Entretanto, nem mesmo o judiciário tem se portado como ente jurídico a patrocinar o conflito da lide corrigindo as distorções entre as partes. Muitos juízos decidem contrário aos princípios estabelecidos na Constituição, inclusive contra as decisões dos tribunais pátrios causando prejuízos irreparáveis aos credores dos precatórios.
A mesma Emenda Constitucional que autoriza as compensações tributárias também autoriza a cessão dos créditos oriundos de precatórios a terceiros tanto no todo ou em parte. Assim, mesmo os precatórios alimentares, que segundo entendimento da doutrina e dos tribunais, que ao proceder a cessão de crédito oriundo de precatórios alimentares a terceiros estas cessão teria como consequência a perda do caráter alimentar do crédito, o que a nosso juízo não merece guarida. É tão certo isto que um cheque salário ao ser endossado a um comerciante ou ainda a um terceiro, o cheque não perde sua característica de cheque salário.
Pois bem, não é de cheque que quero comentar e sim os precatórios. Quando se trata de utilizar os precatórios mesmo adquiridos de terceiros, para pagamento de tributos pelas empresas, tem como medida imediata o encontro de contas entre os entes públicos e empresas devedoras de tributos, previsto na Emenda Constitucional de dezembro de 2009. A partir desta edição, já foram editadas leis disciplinadoras em 11 estados brasileiros a fim de perfectibilizar a operação. A partir da nova lei, as Fazendas Públicas foram obrigadas a aceitar os precatórios como forma de pagamento de dívidas dos contribuintes. Já contam com a lei estadual o Rio de Janeiro, Mato Grosso, Mato Grosso do Sul, Ceará, Maranhão, Roraima, Santa Catarina, Alagoas, Rio Grande do Norte, Amazonas e Pará, além do Distrito Federal. Há que se considerar que São Paulo, há um projeto de lei em tramitação na Assembléia Legislativa do estado atendendo a demanda da Emenda supra.

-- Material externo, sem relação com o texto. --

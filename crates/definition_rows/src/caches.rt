//! Caches and bins: first in, first out.

ghost use Rattle.std.specs.Prelude.{◌≡◌, [], ◌∷◌, Some, None, is_some, true};
ghost use Rattle.pool_law.specs.declared.note.CacheNo.{CacheNo};
ghost use Rattle.pool_law.specs.declared.note.Did.TheVariants.{Hit, Miss, Kept, Back, Trim, Close, Shed, Handle, NoHandle, Home};
ghost use Rattle.pool_law.specs.Caches.{new_bin, bin_step};
ghost use Rattle.pool_law.specs.Histories.{after, cache_after};
ghost use Rattle.definition_rows.specs.CachePlays.{small, normal, kept_then, cache_of, holding};

/// A hit takes the front region, and a miss stands only where there is none.
pub fn front_of_a_cache()
    ensures hit { cache_of 4 3 (Hit (small 1) ∷ [])
        ≡ Some (holding (small 2 ∷ small 3 ∷ []) 1 0) }
    ensures not_the_second { cache_of 4 3 (Hit (small 2) ∷ []) ≡ None }
    ensures miss { cache_of 4 0 (Miss ∷ []) ≡ Some (holding [] 0 0) }
    ensures no_miss { cache_of 4 1 (Miss ∷ []) ≡ None }
    ensures no_hit { cache_of 4 0 (Hit (small 1) ∷ []) ≡ None }
{}

/// A trim leaves as many regions as were served, and its quota is shed before the next hit.
pub fn trimmed_cache()
    ensures trim { cache_of 4 3 (Hit (small 1) ∷ Trim 2 ∷ [])
        ≡ Some (holding (small 2 ∷ small 3 ∷ []) 0 2) }
    ensures capacity_less_hits { cache_of 3 3 (Hit (small 1) ∷ Kept (small 4) ∷ Trim 2 ∷ [])
        ≡ Some (holding (small 2 ∷ small 3 ∷ small 4 ∷ []) 0 2) }
    ensures no_other_quota { cache_of 4 3 (Hit (small 1) ∷ Trim 3 ∷ []) ≡ None }
    ensures sheds { cache_of 4 3 (Hit (small 1) ∷ Trim 2 ∷ Shed (small 2) ∷ Shed (small 3) ∷ [])
        ≡ Some (holding [] 0 0) }
    ensures no_hit_before { cache_of 4 3 (Hit (small 1) ∷ Trim 2 ∷ Hit (small 2) ∷ []) ≡ None }
    ensures no_trim_before { cache_of 4 3 (Trim 3 ∷ Trim 3 ∷ []) ≡ None }
    ensures kept_between { cache_of 4 2 (Trim 2 ∷ Kept (small 3) ∷ Shed (small 1) ∷ [])
        ≡ Some (holding (small 2 ∷ small 3 ∷ []) 0 1) }
    ensures not_past_the_quota { cache_of 4 1 (Shed (small 1) ∷ []) ≡ None }
{}

/// Hits count up to the capacity: a trim after as many sheds nothing, and then they count anew.
pub fn hits_to_the_capacity()
    ensures two { cache_of 2 2
        (Hit (small 1) ∷ Kept (small 3) ∷ Hit (small 2) ∷ Kept (small 4) ∷ Trim 0 ∷ [])
        ≡ Some (holding (small 3 ∷ small 4 ∷ []) 0 0) }
    ensures three { cache_of 2 2
        (Hit (small 1) ∷ Kept (small 3) ∷ Hit (small 2) ∷ Kept (small 4) ∷ Hit (small 3) ∷ Trim 0
        ∷ [])
        ≡ Some (holding (small 4 ∷ []) 0 0) }
    ensures anew { cache_of 2 1 (Hit (small 1) ∷ Trim 0 ∷ Kept (small 2) ∷ Trim 1 ∷ [])
        ≡ Some (holding (small 2 ∷ []) 0 1) }
{}

/// A full cache sends regions back: at 256 of a small class, and at 64 of the first normal one.
pub fn full_cache()
    ensures kept { is_some (cache_after 0 0 (kept_then small 1 256 [])) ≡ true }
    ensures not_kept { cache_after 0 0 (kept_then small 1 257 []) ≡ None }
    ensures back { is_some
        (cache_after 0 0 (kept_then small 1 256 (Back (small 257) CacheNo.Full ∷ []))) ≡ true }
    ensures not_before { cache_after 0 0
        (kept_then small 1 255 (Back (small 256) CacheNo.Full ∷ []))
        ≡ None }
    ensures normal { is_some
        (cache_after 0 39 (kept_then normal 1 64 (Back (normal 65) CacheNo.Full ∷ []))) ≡ true }
    ensures no_more_normal { cache_after 0 39 (kept_then normal 1 65 []) ≡ None }
    ensures not_closed { cache_of 1 1 (Back (small 2) CacheNo.Closed ∷ []) ≡ None }
{}

/// A closed cache sends regions back, full or not. It is closed once, and sheds all that it has.
pub fn closed_cache()
    ensures back { is_some
        (cache_of 2 1 (Close 1 ∷ Back (small 2) CacheNo.Closed ∷ Shed (small 1) ∷ [])) ≡ true }
    ensures not_full { cache_of 1 1 (Close 1 ∷ Back (small 2) CacheNo.Full ∷ []) ≡ None }
    ensures not_kept { cache_of 2 0 (Close 0 ∷ Kept (small 1) ∷ []) ≡ None }
    ensures all { cache_of 2 2 (Hit (small 1) ∷ Close 0 ∷ []) ≡ None }
    ensures once { cache_of 2 0 (Close 0 ∷ Close 0 ∷ []) ≡ None }
{}

/// A cache takes regions of its lane and its class alone.
pub fn own_cache()
    ensures own { is_some (cache_after 0 0 (Kept (small 1) ∷ [])) ≡ true }
    ensures another_lane { cache_after 1 0 (Kept (small 1) ∷ []) ≡ None }
    ensures another_class { cache_after 0 1 (Kept (small 1) ∷ []) ≡ None }
    ensures not_sent_back { cache_after 1 0 (Close 0 ∷ Back (small 1) CacheNo.Closed ∷ []) ≡ None }
{}

/// The bin of the third lane, with three handles.
pub fn bin_order()
    ensures new { new_bin 2 3 ≡ 6 ∷ 7 ∷ 8 ∷ [] }
    ensures all { after (bin_step 2 3) (new_bin 2 3)
        (Handle 6 ∷ Handle 7 ∷ Handle 8 ∷ NoHandle ∷ Home 7 ∷ Home 6 ∷ []) ≡ Some (7 ∷ 6 ∷ []) }
    ensures not_the_second { after (bin_step 2 3) (new_bin 2 3) (Handle 7 ∷ []) ≡ None }
    ensures not_empty { after (bin_step 2 3) (new_bin 2 3) (NoHandle ∷ []) ≡ None }
    ensures not_twice { after (bin_step 2 3) (new_bin 2 3) (Home 7 ∷ []) ≡ None }
    ensures not_of_another_lane { after (bin_step 2 3) (new_bin 2 3) (Handle 6 ∷ Home 5 ∷ [])
        ≡ None }
{}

No Rio de Janeiro, a compensação da dívida ativa que é de cerca de R$ 30 bilhões, começou a ser aceita este ano, com a publicação da Lei 5.647, de 2010. Com a edição do dispositivo normativo, a procuradoria recebeu os pedidos de compensações das empresas até o mês de maio, e para 2,2 mil débitos foram oferecidos precatórios. Esperamos que os novos legisladores gaúchos atentem para a necessidade da demanda corrigindo desta forma uma grave distorção social aos credores dos precatórios optando pela justiça social, regulamentando a matéria sobre o tema e que a Governadora tenha seus dias contados com sua arrogante atitude em autuar empresas que litigam na justiça por direitos constitucionais assegurados a fim de utilizarem créditos tributários ou oriundos de precatórios contra o ente devedor, para mantê-las, em primeiro lugar em solo gaúcho e, segundo continuem gerando impostos, empregos, rendas e sobretudo, riqueza regional.

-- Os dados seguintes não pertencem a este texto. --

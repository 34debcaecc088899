//! Elements of a subpage: which one is handed out next.

ghost use Rattle.std.specs.Prelude.{◌≡◌, [], ◌∷◌, Some, None, true, false};
ghost use Rattle.size_classes.specs.Elements.{new_elements, with_out, with_back, is_full, is_idle, is_out};
ghost use Rattle.definition_rows.specs.ElementPlays.{handed_out, all_out};

/// The lowest that is free, unless one was given back: the last of those comes first.
pub fn element_order()
    ensures lowest_first { handed_out 5 (new_elements 4)
        ≡ Some 0 ∷ Some 1 ∷ Some 2 ∷ Some 3 ∷ None ∷ [] }
    ensures last_given_first { handed_out 3 (with_back (with_back (all_out 4) 1) 3)
        ≡ Some 3 ∷ Some 1 ∷ None ∷ [] }
    ensures then_the_lowest { handed_out 3 (with_back (with_back (with_back (all_out 4) 0) 2) 1)
        ≡ Some 1 ∷ Some 0 ∷ Some 2 ∷ [] }
    ensures forgotten { with_out (with_back (all_out 4) 2) 2 ≡ all_out 4 }
{}

/// Full and idle subpages.
pub fn full_and_idle()
    ensures full { is_full (all_out 4) ≡ true }
    ensures not_full { is_full (with_back (all_out 4) 2) ≡ false }
    ensures idle { is_idle (new_elements 4) ≡ true }
    ensures not_idle { is_idle (with_out (new_elements 4) 0) ≡ false }
    ensures idle_again { is_idle (with_back (with_out (new_elements 4) 0) 0) ≡ true }
    ensures out { is_out (with_out (new_elements 4) 0) 0 ≡ true }
    ensures free { is_out (with_out (new_elements 4) 0) 1 ≡ false }
{}
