//! Logs and the histories that they give, and which lane may note what.

ghost use Rattle.std.specs.Prelude.{◌≡◌, [], ◌∷◌, Some, None};
ghost use Rattle.pool_law.specs.declared.note.CacheNo.{CacheNo};
ghost use Rattle.pool_law.specs.declared.note.Did.{Did};
ghost use Rattle.pool_law.specs.declared.note.Object.{Object};
ghost use Rattle.pool_law.specs.Logs.{history_of, IsHistory, entry_of};
ghost use Rattle.pool_law.specs.NotedHistories.{NotedMayFollow, entry_of_noted};
ghost use Rattle.definition_rows.specs.Notes.{default_shape, root, least_region, arena, cache, bin, mail, root_place, post_nothing, fetch_nothing};
ghost use Rattle.definition_rows.specs.Entries.{alone, access, end};
ghost use Rattle.definition_rows.specs.LogPlays.{logs, lanes_of, noted, born, watched_touch, of_no_lane};

/// A history is the notes of all lanes in order of number, each once from 1 on.
pub fn whole_histories()
    ensures in_order { history_of (Object.Root 0) logs
        ≡ (0, Did.Birth (root 0 1 4) (least_region 1)) ∷ (1, Did.Touch) ∷ (0, Did.Set 0 (7 ∷ []))
        ∷ (1, Did.End (root 0 1 4)) ∷ [] }
    ensures whole { IsHistory (Object.Root 0) logs (history_of (Object.Root 0) logs) }
    ensures none { history_of (Object.Root 1) logs ≡ [] }
    ensures number_left_out { ¬ IsHistory (Object.Root 0) ((root_place 0 2 Did.Touch ∷ []) ∷ [])
        ((0, Did.Touch) ∷ []) }
    ensures number_twice { ¬ IsHistory (Object.Root 0)
        ((root_place 0 1 Did.Touch ∷ []) ∷ (root_place 0 1 Did.Touch ∷ []) ∷ [])
        ((0, Did.Touch) ∷ (1, Did.Touch) ∷ []) }
    ensures out_of_order { ¬ IsHistory (Object.Root 0)
        ((root_place 0 2 Did.Touch ∷ root_place 0 1 Did.Touch ∷ []) ∷ [])
        ((0, Did.Touch) ∷ (0, Did.Touch) ∷ []) }
{}

/// A place's history tells the root of an access, and the region that an end takes out.
pub fn entries_of_notes()
    ensures touch { entry_of logs (root_place 0 2 Did.Touch) ≡ access (root 0 1 4) 2 Did.Touch }
    ensures set { entry_of logs (root_place 0 3 (Did.Set 0 (7 ∷ [])))
        ≡ access (root 0 1 4) 3 (Did.Set 0 (7 ∷ [])) }
    ensures end { entry_of logs (root_place 0 4 (Did.End (root 0 1 4)))
        ≡ end (root 0 1 4) (least_region 1) 4 }
    ensures birth { entry_of logs (root_place 0 1 (Did.Birth (root 0 1 4) (least_region 1)))
        ≡ alone (root_place 0 1 (Did.Birth (root 0 1 4) (least_region 1))) }
    ensures of_no_root { entry_of logs (bin 0 1 Did.NoHandle) ≡ alone (bin 0 1 Did.NoHandle) }
{}

/// Which of three lanes, over two arenas, may note this.
pub fn lanes_that_may_note()
    ensures take { lanes_of (arena 0 1 (Did.Take 0 (least_region 0))) ≡ 0 ∷ [] }
    ensures full { lanes_of (arena 0 1 (Did.Full 0)) ≡ 0 ∷ 2 ∷ [] }
    ensures give { lanes_of (arena 0 1 (Did.Give (least_region 1))) ≡ 0 ∷ 1 ∷ 2 ∷ [] }
    ensures hit { lanes_of (cache 1 0 1 (Did.Hit (least_region 1))) ≡ 1 ∷ [] }
    ensures miss { lanes_of (cache 1 0 1 Did.Miss) ≡ 1 ∷ [] }
    ensures trim { lanes_of (cache 1 0 1 (Did.Trim 0)) ≡ 1 ∷ [] }
    ensures close { lanes_of (cache 1 0 1 (Did.Close 0)) ≡ 1 ∷ [] }
    ensures shed { lanes_of (cache 1 0 1 (Did.Shed (least_region 1))) ≡ 1 ∷ [] }
    ensures kept { lanes_of (cache 1 0 1 (Did.Kept (least_region 1))) ≡ 0 ∷ 1 ∷ 2 ∷ [] }
    ensures back { lanes_of (cache 1 0 1 (Did.Back (least_region 1) CacheNo.Full))
        ≡ 0 ∷ 1 ∷ 2 ∷ [] }
    ensures handle { lanes_of (bin 2 1 (Did.Handle 9)) ≡ 2 ∷ [] }
    ensures no_handle { lanes_of (bin 2 1 Did.NoHandle) ≡ 2 ∷ [] }
    ensures home { lanes_of (bin 2 1 (Did.Home 9)) ≡ 0 ∷ 1 ∷ 2 ∷ [] }
    ensures post { lanes_of (mail 0 1 1 post_nothing) ≡ 0 ∷ [] }
    ensures fetch { lanes_of (mail 0 1 1 fetch_nothing) ≡ 1 ∷ [] }
    ensures access { lanes_of (root_place 0 2 Did.Touch) ≡ 0 ∷ 1 ∷ 2 ∷ [] }
{}

/// A note that knows its lane may follow where the history accepts it, its root and its region are
/// those of the history, and its lane may note it.
pub fn notes_that_may_follow()
    ensures touch { NotedMayFollow (default_shape 3) (Object.Root 0) (born ∷ [])
        (noted 1 Did.Touch (Some (root 0 1 4)) None) }
    ensures end { NotedMayFollow (default_shape 3) (Object.Root 0) (born ∷ [])
        (noted 1 (Did.End (root 0 1 4)) None (Some (least_region 1))) }
    ensures miss { NotedMayFollow (default_shape 3) (Object.Cache 1 0) []
        (noted 1 Did.Miss None None) }
    ensures not_accepted { ¬ NotedMayFollow (default_shape 3) (Object.Root 0) []
        (noted 1 Did.Touch None None) }
    ensures of_another_root { ¬ NotedMayFollow (default_shape 3) (Object.Root 0) (born ∷ [])
        (noted 1 Did.Touch (Some (root 0 2 4)) None) }
    ensures without_root { ¬ NotedMayFollow (default_shape 3) (Object.Root 0) (born ∷ [])
        (noted 1 Did.Touch None None) }
    ensures of_another_region { ¬ NotedMayFollow (default_shape 3) (Object.Root 0) (born ∷ [])
        (noted 1 (Did.End (root 0 1 4)) None (Some (least_region 2))) }
    ensures of_another_lane { ¬ NotedMayFollow (default_shape 3) (Object.Cache 1 0) []
        (noted 0 Did.Miss None None) }
    ensures with_a_watch { ¬ NotedMayFollow (default_shape 3) (Object.Root 0) (born ∷ [])
        watched_touch }
    ensures touch_of_no_lane { NotedMayFollow (default_shape 3) (Object.Root 0) (born ∷ [])
        (of_no_lane (noted 1 Did.Touch (Some (root 0 1 4)) None)) }
    ensures miss_of_no_lane { ¬ NotedMayFollow (default_shape 3) (Object.Cache 1 0) []
        (of_no_lane (noted 1 Did.Miss None None)) }
    ensures entry { entry_of_noted (Object.Root 0) 2 (noted 1 Did.Touch (Some (root 0 1 4)) None)
        ≡ access (root 0 1 4) 2 Did.Touch }
{}
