#![tactic(auto)]
//! Worked rows of the definitions: what the check computes of each, as the contract of a function
//! that does nothing.

pub mod answers;
pub mod arenas;
pub mod bounds;
pub mod caches;
pub mod chunks;
pub mod closings;
pub mod composite_runs;
pub mod composites;
pub mod counts;
pub mod elements;
pub mod growth;
pub mod growth_runs;
pub mod homes;
pub mod lane_runs;
pub mod leaks;
pub mod lists;
pub mod lives;
pub mod logs;
pub mod mails;
pub mod marks;
pub mod odd_runs;
pub mod orders;
pub mod pages;
pub mod places;
pub mod refusals;
pub mod roots;
pub mod runs;
pub mod shapes;
pub mod sizes;
pub mod stops;
pub mod stuck;
pub mod sweeps;
pub mod texts;
pub mod views;
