//! What the measures of a pool and the commands of a lane may be, and which classes have a cache.

ghost use Rattle.std.specs.Prelude.{◌≡◌, [], ◌∷◌, map, true, false};
ghost use Rattle.pool_law.specs.declared.command.Command.TheVariants.{Alloc, Slice, Dup, Release, Send, Recv, Compose, Add};
ghost use Rattle.pool_law.specs.Limits.{IsShape, has_cache, cache_capacity};
ghost use Rattle.pool_law.specs.Legal.{AreCommands};
ghost use Rattle.definition_rows.specs.Notes.{default_shape};
ghost use Rattle.definition_rows.specs.ShapePlays.{two_lanes, least_shape, greatest_shape, same_names};

/// The least and the greatest measures, and those past them.
pub fn measures()
    ensures usual { IsShape (default_shape 1) }
    ensures least { IsShape least_shape }
    ensures greatest { IsShape greatest_shape }
    ensures least_page { IsShape (record least_shape { page = 4096 }) }
    ensures greatest_page { IsShape (record greatest_shape { page = 32768; order = 9 }) }
    ensures no_smaller_page { ¬ IsShape (record least_shape { page = 2048 }) }
    ensures no_page_between { ¬ IsShape (record least_shape { page = 12288 }) }
    ensures no_greater_page { ¬ IsShape (record least_shape { page = 65536 }) }
    // a chunk of 32 MiB
    ensures too_long_a_chunk { ¬ IsShape (record least_shape { page = 16384; order = 11 }) }
    ensures no_order_two { ¬ IsShape (record least_shape { order = 2 }) }
    ensures no_order_twelve { ¬ IsShape (record least_shape { order = 12 }) }
    ensures no_arenas { ¬ IsShape (record least_shape { arenas = 0 }) }
    ensures nine_arenas { ¬ IsShape (record least_shape { arenas = 9 }) }
    ensures no_chunks { ¬ IsShape (record least_shape { chunks = 0 }) }
    ensures nine_chunks { ¬ IsShape (record least_shape { chunks = 9 }) }
    // 5 arenas of 8 chunks of 16 MiB
    ensures too_much_memory { ¬ IsShape (record greatest_shape { arenas = 5 }) }
    ensures no_handles { ¬ IsShape (record least_shape { handles = 0 }) }
    ensures too_many_handles { ¬ IsShape (record least_shape { handles = 4097 }) }
    ensures no_lanes { ¬ IsShape (record least_shape { lanes = 0 }) }
    ensures seventeen_lanes { ¬ IsShape (record least_shape { lanes = 17 }) }
    ensures no_interval { ¬ IsShape (record least_shape { interval = 0 }) }
    ensures too_long_an_interval { ¬ IsShape (record least_shape { interval = 65537 }) }
{}

/// The small classes and the first normal one have a cache.
pub fn classes_with_a_cache()
    ensures which { map has_cache (0 ∷ 38 ∷ 39 ∷ 40 ∷ 67 ∷ [])
        ≡ true ∷ true ∷ true ∷ false ∷ false ∷ [] }
    ensures capacities { map cache_capacity (0 ∷ 38 ∷ 39 ∷ []) ≡ 256 ∷ 256 ∷ 64 ∷ [] }
{}

/// A lane names lanes of the run, a parcel's name is the new name of no earlier command, and a
/// composite has 1 to 24 parts.
pub fn commands_that_fit()
    ensures none { AreCommands two_lanes [] }
    ensures lanes { AreCommands two_lanes (Send 0 1 ∷ Recv 1 1 ∷ Send 0 0 ∷ Recv 2 0 ∷ []) }
    ensures no_third_lane { ¬ AreCommands two_lanes (Send 0 2 ∷ []) }
    ensures from_no_third_lane { ¬ AreCommands two_lanes (Recv 0 2 ∷ []) }
    ensures name_of_an_alloc { ¬ AreCommands two_lanes (Alloc 0 8 ∷ Recv 0 1 ∷ []) }
    ensures name_of_a_slice { ¬ AreCommands two_lanes (Slice 0 1 0 1 false ∷ Recv 0 1 ∷ []) }
    ensures name_of_a_dup { ¬ AreCommands two_lanes (Dup 0 1 ∷ Recv 0 1 ∷ []) }
    ensures name_of_a_parcel { ¬ AreCommands two_lanes (Recv 0 1 ∷ Recv 0 1 ∷ []) }
    ensures name_of_a_composite { ¬ AreCommands two_lanes (Compose 0 (1 ∷ []) ∷ Recv 0 1 ∷ []) }
    ensures used_name { AreCommands two_lanes (Release 0 ∷ Recv 0 1 ∷ []) }
    ensures later_name { AreCommands two_lanes (Recv 0 1 ∷ Alloc 0 8 ∷ []) }
    ensures one_part { AreCommands two_lanes (Compose 0 (same_names 1) ∷ Add 0 1 ∷ []) }
    ensures most_parts { AreCommands two_lanes (Compose 0 (same_names 24) ∷ []) }
    ensures no_part { ¬ AreCommands two_lanes (Compose 0 [] ∷ []) }
    ensures too_many_parts { ¬ AreCommands two_lanes (Compose 0 (same_names 25) ∷ []) }
{}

E-amil: cos.schneider@gmail.com

quinta-feira, 18 de novembro de 2010

Desiguladades Regionais

A Revista Amanhã na edição número 268 de Outubro de 2010 publicou artigo muito oportuno com o momento político brasileiro, sobre a concentração de rendas públicas nas regiões do Norte, Nordeste e Centro Oeste, retiradas nas regiões do Sul e Sudeste do país. Artigo interessante que merece leitura atenta e pretenciosa.
No mesmo sentido caminham as ordens econômicas editadas pelo Congresso Nacional ocupado por mais de 60% dos parlamentares do país daquelas regiões que ditam as regras da distribuição das receitas decorrentes da arrecadação de tributos.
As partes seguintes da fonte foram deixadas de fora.